Assuming this is referring to the CNS-MPO score, this score ranges from 0 to 6, so negative values are not possible. A values of 4 or greater has been shown in the literature to correlate with adequate penetrance to the CNS.

• Line 183: Provide better details on how these drugs were chosen.

The 4 medications that were chosen for the CNS-MPO score were chosen because they were the only ones that demonstrated a negative sRGES value. This is described in the text of the manuscript.

• . Line 193: Only one drug from those cells remained. Where did the other drugs come from?

Lamivudine was the only medication from the screen that we were able to obtain for testing. Unfortunately, we were not able to obtain the other ones due to logistical reasons.

• . Line 226: 20M concentrations of drugs? Probably the word "micron" disappeared due to formatting, but how was this dose chosen? And how is it related to what was predicted by the drug repurposing approach?

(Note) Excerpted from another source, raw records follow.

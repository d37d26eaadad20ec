//! A formula, and its normal form.

use pg_ltl::{FormulaNode, NormalNode, Prefix, normal_form, read_formula};
use std::test::Fail;

/// The negation says that a never holds.
#[test]
fn a_formula_is_read_and_brought_to_normal_form(rt: HostRuntime) -> Result<(), Fail> {
    let (names, formula) = read_formula(rt.alloc(), b"F a")?;
    assert!(rt; matches!(names.as_slice(), [name] if name.as_slice() == b"a".as_slice()));
    let root = formula.nodes.get(formula.root);
    assert!(rt; matches!(root, Some(FormulaNode::One(Prefix::Finally, _))));
    let negation = normal_form(rt.alloc(), &formula, false)?;
    let root = negation.nodes.get(negation.root);
    assert!(rt; matches!(root, Some(NormalNode::Release(_, _))));
    Ok(())
}
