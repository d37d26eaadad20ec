//! The steps of an automaton, by state, input letter and output letter.

use crate::numbers::{Allocated, NONE, count, item, power};
use pg_hoa_automaton::{Automaton, Shape};
use std::alloc::Global;

/// The most places that the table of steps may have.
const MAX_PLACES: u64 = 1 << 21;

/// Where a letter leads, and a priority: the controller wins a run if the greatest priority that recurs is even.
#[derive(Clone, Copy, PartialEq, Eq, PartialOrd, Ord)]
pub struct GameStep {
    pub target: u32,
    pub priority: u32,
}

impl GameStep {
    /// Stands for no edge.
    pub const NONE: GameStep = GameStep {
        target: NONE,
        priority: 0,
    };
}

/// A point is a state with an input letter, and a place a point with an output letter; both are numbered state by state.
#[derive(Drop)]
pub struct Steps {
    pub alloc: Global,
    pub states: u32,
    pub start: u32,
    /// How many inputs and outputs there are.
    pub inputs: u32,
    pub outputs: u32,
    /// The step at each place.
    pub table: Vec<GameStep>,
}

impl Steps {
    /// Returns the steps of an automaton, or `None` if it has too many.
    pub fn of(alloc: Global, automaton: &Automaton) -> Allocated<Option<Steps>> {
        let letters = power(automaton.propositions()) as u64;
        if letters.saturating_mul(automaton.states() as u64) > MAX_PLACES {
            return Ok(None);
        }
        let inputs = letters_of(alloc, automaton, false)?;
        let outputs = letters_of(alloc, automaton, true)?;
        let mut table = Vec::new(alloc);
        for state in 0..automaton.states() {
            for input in &inputs {
                for output in &outputs {
                    table.push(step_of(automaton, state, *input | *output))?;
                }
            }
        }
        Ok(Some(Steps {
            alloc,
            states: automaton.states(),
            start: automaton.start(),
            inputs: count(inputs.len()).trailing_zeros(),
            outputs: count(outputs.len()).trailing_zeros(),
            table,
        }))
    }

    pub fn point(&self, state: u32, input: u32) -> u32 {
        state.wrapping_shl(self.inputs).wrapping_add(input)
    }

    pub fn place(&self, point: u32, output: u32) -> u32 {
        point.wrapping_shl(self.outputs).wrapping_add(output)
    }

    pub fn at(&self, place: u32) -> GameStep {
        item(&self.table, place, GameStep::NONE)
    }

    /// Returns the step from a state by a letter, which is an input letter and then an output letter.
    pub fn step(&self, state: u32, letter: u32) -> GameStep {
        self.at(self.place(self.point(state, 0), letter))
    }
}

/// Returns the letters of the propositions that the controller sets, or of those that it doesn't. All other propositions are false in them.
fn letters_of(alloc: Global, automaton: &Automaton, sets: bool) -> Allocated<Vec<u32>> {
    let mut letters = vec![in alloc; 0u32; 1]?;
    for a in 0..automaton.propositions() {
        if automaton.controllable(a) == sets {
            for n in 0..count(letters.len()) {
                letters.push(item(&letters, n, 0) | power(a))?;
            }
        }
    }
    Ok(letters)
}

fn step_of(automaton: &Automaton, state: u32, letter: u32) -> GameStep {
    let Some((target, met)) = automaton.next(state, letter) else {
        return GameStep::NONE;
    };
    let priority = priority_of(automaton.shape(), automaton.sets(), met);
    GameStep { target, priority }
}

/// Returns the priority of a step on which these sets are met, the least first.
fn priority_of(shape: Shape, sets: u32, met: &[u32]) -> u32 {
    let high = sets.saturating_mul(2).saturating_add(4);
    match shape {
        Shape::MaxEven => met.last().map_or(1, |set| set.saturating_add(2)),
        Shape::MaxOdd => met.last().map_or(0, |set| set.saturating_add(3)),
        Shape::MinEven => met
            .first()
            .map_or(sets % 2, |set| high.saturating_sub(*set)),
        Shape::MinOdd => met
            .first()
            .map_or((sets ^ 1) % 2, |set| (high | 1).saturating_sub(*set)),
        Shape::Always => 0,
        Shape::Never => 1,
    }
}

This is a typo, it has been corrected in the manuscript. The dose was chosen based on similar non-lethal dosing from in vitro experiments using ART.

• . How is Figure 4a different from Figure 1a?

Figure 1a depicts a heatmap of several antiretroviral medications and their affect on the viability of several established glioma cell lines. Figure 4a depicts a heat map of the synergistic potential of different combinations of antiretroviral compounds. The descriptions of each respective figure have been updated.

• . Line 254: Figure 4b is useful in a review, but here it seems out of context. Authors should report results and their discussion.

Thank you for your comment. This figure would be useful in a review, however we feel it adds a valuable visual representation in this manuscript. In particular, the effects on stemness are relevant to our findings in this manuscript.

• . Line 273: In one clinical trial, there is no response rate, so writing that it ranged from 11 to 65% is not correct.

The wording in the manuscript has been changed to indicate there were only 2 that showed a response rate.

Reviewer 4 Report

The manuscript addresses the study of pleiotropic anticancer effects of antiretroviral therapy on glioblastoma, for which a comprehensive drug repurposing analysis of in vitro cellular effects and rationalization resorting to bioinformatic tools was carried out.

Despite the interest in the approach, some considerations should considered by the authors, specifically:

The novelty of this study should be better documented in the Introduction part.

The synergistic effect of ART should be documented.

The differences in the ART in the different cell lines should be discussed in more detail. 

Author Response

The novelty of this study should be better documented in the Introduction part.

Thank you for the feedback. The novelty in our study lies on the use of existing data on ART in GBM cell lines to perform an unbiased screen that is validated by our own experiments. We expanded on this in the introduction as suggested.

The synergistic effect of ART should be documented.

Thank you for your comment. We did not assess the synergistic effect of ART in our in vitro models. We briefly discussed the use of multiple drug regimens as standard therapy in patients with HIV, however, did not intend to asses the synergistic effect of multiple drug regimens on glioma cell lines in this study.

The differences in the ART in the different cell lines should be discussed in more detail. 

Thank you for your comment. The two drugs that were used for our in vitro validation were lamivudine and abacavir. There were no differences in ART on these cell lines.

Round 2

Reviewer 4 Report

The scientific notation must be corrected.